My TT is mettalic black (cant remember the specific colour) and I use victoria concours wax which gives me a nice shine & wet look, especially when buffed off using my porter cable. However I also clean my girlfriends car, solid red colour but generally use autoglym resin polish and meguires wax on it, as it gets a better shine using those products. I tried my victoria wax on her car but wasn't as impressed with the finished look :?

The stuff I use is:
2 bucket method
johnsons baby bath (blue bottle)
Tesco microfibre wash cloth
miracle dryer ultra plush http://www.cleanyourcar.co.uk/washing-a ... d_362.html
Megs clay bar
Autoglym resin polish (when feeling lazy)
Menzerna polishes for my porter cable
Victoria concours wax or Megs wax

I am also sure if you search for threads from jackinthebox he will have some other top tips


----------



## junkie (Jun 22, 2008)

Well my thinking behund it was so it was a kind of custom kit using the good stuff from different various companies as opposed to just a single kit from one company.

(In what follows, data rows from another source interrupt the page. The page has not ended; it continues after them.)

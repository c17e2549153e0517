// A source and a sink, by the bytes that they tell of and a count of their faults.
ghost use Rattle.std.specs.Prelude.{List, ℕ};
ghost use Rattle.std.specs.declared.option.Option.{Option};
ghost use Rattle.std.specs.Io.{ReadsAtMost};
ghost use Rattle.std.specs.Io.KnownBytes.{ReadConsumes};
ghost use Rattle.outside.specs.Causes.{HasCause};
ghost use Rattle.outside.specs.Streams.{WritesWhole};

/// The outside failed. The object that answers it has raised its count of faults in the same call.
#[derive(Clone, Copy, Debug, PartialEq, Eq)]
pub struct Failed;

/// A stream of bytes to read. The rules are this project's own, after those of Rust's `Read`.
pub trait Source {
    /// The bytes that it has left, in their order, where it tells: a source over the machine's files tells nothing.
    ghost left: { Self → Option (List ℕ) };

    /// How often it has failed. At 2^64 - 1 the count stands.
    ghost faults: { Self → ℕ };

    /// Puts the next bytes at the front of `to` and answers how many. 0 for a `to` that isn't empty is the end of
    /// the stream. Fewer bytes than `to` has room for say nothing of the end. It answers `Failed` only where the
    /// count of faults rose in this call, and then no byte is consumed.
    fn read(&mut self, to: &mut [u8]) -> Result<usize, Failed>
        ensures bound { ReadsAtMost result to.new }
        ensures bytes { ReadConsumes (left self.old) (left self.new) result to.new }
        ensures cause { HasCause (faults self.old) (faults self.new) result };
}

/// A stream of bytes to write. The rules are this project's own, after those of Rust's `Write::write_all`.
pub trait Sink {
    /// The bytes that it holds, in the order in which they came, where it tells.
    ghost written: { Self → Option (List ℕ) };

    /// How often it has failed. At 2^64 - 1 the count stands.
    ghost faults: { Self → ℕ };

    /// Appends the piece, whole and at once: nothing waits for a later call. It answers `Failed` only where the
    /// count of faults rose in this call, and then a front of the piece was written, which may be empty or all of it.
    fn write_all_of(&mut self, piece: &[u8]) -> Result<(), Failed>
        ensures bytes { WritesWhole (written self.old) (written self.new) result piece.now }
        ensures cause { HasCause (faults self.old) (faults self.new) result };
}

Things like the best wash mit to use
best shampoo
best clay bar kit and paint cleaner and so on, and then it comes down to the colour of the car as for what wax to use.

Well i have a silver TT as can be seen in my avatar and the colour is Silversea if that helps anybody as to waht wax would be best.


----------



## J55TTC (Apr 25, 2005)

You can get a lot of OK stuff from Halfrauds.

Wash mitt - get the meguiars microfibre one - recommended by J-I-A-B
Shampoo - Johnsons baby bath - in the blue bottle although I prefer meguiars NXT or gold class shampoo.
2 buckets - any will do as long as they are clean.
Clay - The meguiars kit is a bit expensive but its a good starting point if you havent clayed before.
Polish - Autoglym Super resin Polish is very good at masking swirls (the only other way of getting rid is machine polishing)
Wax - Meguiars NXT 2.0, doesnt last long but looks good a long lasting alternative is the autoglym high definition wax.

The above will cost in the region on £60.

Alternatives to the above that i would recommend are:
sonus green claybar, you dont need detailing spray as lube. This would save you about £10.
Wax is much of a muchness IMO Swisvax is good stuff and lasts ages, but you can expect a total of £100 by adding this to the list.


----------